By contrast, the PWR uses a two-loop system, keeping radioactive materials confined to the primary loop, making it safer for maintenance and operation. This dual-loop design and high-pressure water system make the PWR effective, and these make up 80% of the world's nuclear power plants. BWRs are used in 17% of nuclear power plants, with only 3% being other types.
Heavy Water Reactors
Heavy water reactors are another type of reactor that use heavy water as both a moderator and a coolant. Heavy water has its normal hydrogen atoms (protium) replaced with deuterium (hydrogen with a neutron). The heavy water slows down neutrons without absorbing them, so these reactors can use natural uranium as fuel, eliminating the need for enrichment. This made heavy water reactors attractive to countries like Canada and India, which had uranium mines but initially lacked enrichment capabilities.
Fast Reactors
Fast nuclear reactors are a type of nuclear reactor that operates using fast neutrons instead of the slow thermal neutrons used in most conventional reactors. Unlike traditional reactors, fast reactors do not require a moderator to slow down neutrons, allowing them to sustain a chain reaction with fast-moving neutrons. They are typically cooled with substances like liquid sodium or lead, which do not moderate the neutrons. Fast reactors are highly efficient at utilizing uranium, as they can use both fissile and unenriched fuels.
Fast Breeder Reactors
A fast breeder reactor (FBR) is a specific type of fast reactor designed to "breed" more fissile material than it consumes. It does this by converting natural isotopes like uranium-238 or thorium-232 into fissile isotopes such as plutonium-239 or uranium-233. This process occurs when fast neutrons interact with the natural material, transmuting it into a fissile isotope via neutron capture and subsequent radioactive decay. The bred fissile material can then be extracted and reused as nuclear fuel, significantly extending the supply of nuclear resources. Fast breeder reactors often use mixed oxide fuel (MOX), which combines plutonium and uranium oxides, or recycled nuclear fuel. Fast reactors are used to enhance fuel efficiency, reduce nuclear waste, and generate additional fissile material.

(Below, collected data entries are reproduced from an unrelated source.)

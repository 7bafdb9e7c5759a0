// The bet in place: only the places that it changes are written.
ghost use Rattle.std.specs.Prelude.{◌≡◌, true, ◌≤◌, ◌<◌, length};
ghost use Rattle.table.specs.Pay.{payer_in, verdict_of, bet_of};
ghost use Rattle.layout.specs.Places.{TO_ACT_IDX, FLOATS, NUMBERS};
ghost use Rattle.layout.specs.Words.{word_at};
ghost use Rattle.layout.specs.Standing.{table_at, sound_in};
ghost use Rattle.peatcloak.specs.Calls.{wagered, Stands};
ghost use Rattle.peatcloak.specs.Put.{floats_with, numbers_with, PayerFits, floats_put, numbers_put};

use bets::Facing;
use layout::{places, words};
use refusals::Refusal;
use rounds::paying::{Payer, Stake};
use rounds::walking;
use table::betting;

// The seat to act, as one that pays.
fn payer_at(floats: &[f32], numbers: &[u32]) -> Payer
    requires in_bounds { FLOATS ≤ length floats.now }
    requires numbers_bound { word_at numbers.now TO_ACT_IDX < 16 }
    ensures { result ≡ payer_in (table_at floats.now numbers.now) }
{
    let i = words::number_at(numbers, places::TO_ACT_IDX);
    Payer {
        stake: Stake {
            round_bet: floats[places::ROUND_BETS + i],
            bet: floats[places::ROUND_BET],
            min_raise: floats[places::MIN_RAISE],
            total: words::byte_at(numbers, places::TOTAL_BET_COUNT),
            raises: words::byte_at(numbers, places::TOTAL_RAISE_COUNT),
            forced: words::byte_at(numbers, places::FORCED_BET_COUNT),
        },
        stack: floats[places::STACKS + i],
        hand_bet: floats[places::HAND_BETS + i],
        pot: floats[places::TOTAL_POT],
        active: words::set_at(numbers, places::PLAYER_ACTIVE),
        all_in: words::set_at(numbers, places::PLAYER_ALL_IN),
        owing: words::set_at(numbers, places::NEEDS_ACTION),
        seat: i,
    }
}

// What a payment changes of the floats: i is the seat that paid.
fn put_floats(floats: &mut [f32], i: usize, p: Payer, paid: f32)
    requires in_bounds { FLOATS ≤ length floats.old }
    requires i_bound { i < 16 }
    ensures { floats.new ≡ floats_with floats.old i p paid }
{
    let stake = p.stake;
    floats[places::TOTAL_POT] = p.pot;
    floats[places::ROUND_BET] = stake.bet;
    floats[places::MIN_RAISE] = stake.min_raise;
    floats[places::PAID] = paid;
    floats[places::STACKS + i] = p.stack;
    floats[places::HAND_BETS + i] = p.hand_bet;
    floats[places::ROUND_BETS + i] = stake.round_bet;
}

// What it changes of the numbers.
fn put_numbers(numbers: &mut [u32], p: Payer, passed: usize)
    requires { NUMBERS ≤ length numbers.old }
    ensures numbers_after { numbers.new ≡ numbers_with numbers.old p passed }
    ensures fits { PayerFits p }
{
    let stake = p.stake;
    numbers[places::PLAYER_ACTIVE] = words::word_of_set(p.active);
    numbers[places::PLAYER_ALL_IN] = words::word_of_set(p.all_in);
    numbers[places::NEEDS_ACTION] = words::word_of_set(p.owing);
    numbers[places::TO_ACT_IDX] = words::word_of(p.seat);
    numbers[places::TOTAL_BET_COUNT] = words::word_of_byte(stake.total);
    numbers[places::TOTAL_RAISE_COUNT] = words::word_of_byte(stake.raises);
    numbers[places::FORCED_BET_COUNT] = words::word_of_byte(stake.forced);
    numbers[places::PASSED] = words::word_of(passed);
}

// What the payer pays of an amount. The two sizes are asked for here, one by one, since a call of `bets::validate` would not be worked into the bet.
fn verdict_at(p: Payer, amount: f32, is_forced: bool) -> Result<f32, Refusal>
    ensures { result ≡ verdict_of p amount is_forced }
{
    let stake = p.stake;
    let facing = Facing {
        round_bet: stake.round_bet,
        stack: p.stack,
        bet: stake.bet,
        min_raise: stake.min_raise,
    };
    if is_forced {
        return betting::room_for(
            stake,
            true,
            bets::validate_forced_bet_amount(amount, facing),
        );
    }
    betting::room_for(stake, false, bets::validate_bet_amount(amount, facing))
}

// The bet on a sound table: its number.
pub fn bet_at(floats: &mut [f32], numbers: &mut [u32], amount: f32, is_forced: bool) -> u32
    requires in_bounds { FLOATS ≤ length floats.old }
    requires numbers_value { sound_in numbers.old ≡ true }
    ensures value { result ≡ (wagered (bet_of (table_at floats.old numbers.old) amount is_forced)).number }
    ensures floats_after { floats.new ≡ floats_put floats.old numbers.old (wagered (bet_of (table_at floats.old numbers.old) amount is_forced)) }
    ensures numbers_after { numbers.new ≡ numbers_put numbers.old (wagered (bet_of (table_at floats.old numbers.old) amount is_forced)) }
    ensures stands { Stands result floats.new numbers.new (wagered (bet_of (table_at floats.old numbers.old) amount is_forced)) }
{
    let p = payer_at(floats, numbers);
    match verdict_at(p, amount, is_forced) {
        Err(r) => words::word_of_byte(r.number()),
        Ok(x) => {
            let n = words::number_at(numbers, places::ROUND_LENGTH);
            let mut after = p.pay(x, is_forced);
            let w = walking::walk(after.owing, n, after.seat);
            after.seat = w.seat;
            put_floats(floats, p.seat, after, x);
            put_numbers(numbers, after, w.passed);
            0
        }
    }
}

While breeder reactors have these advantages, they are more complex and expensive to produce. But perhaps the biggest concern with breeder reactors is the production of material suitable for nuclear weapons. In fact, Gen 1 reactors of various designs were intended to breed fuel for nuclear weapons during the Cold War, particularly Plutonium-239 and highly enriched uranium (HEU). This led to a huge stockpile of nuclear warheads, estimated at over 70,000 worldwide in 1986.
The fast breeder reactor was believed to be the future of nuclear power, but the process of nuclear disarmament has resulted in a cheap supply of fissile U-235 and Pu-239. Some of this material could be used in nuclear reactors. For example, under the U.S.-Russia Megatons to Megawatts Program (1993–2013), HEU from over 20,000 Russian warheads was down-blended to fuel commercial reactors. This fissile fuel supply made the fast breeder reactor uneconomical compared to newer Gen III and IV designs.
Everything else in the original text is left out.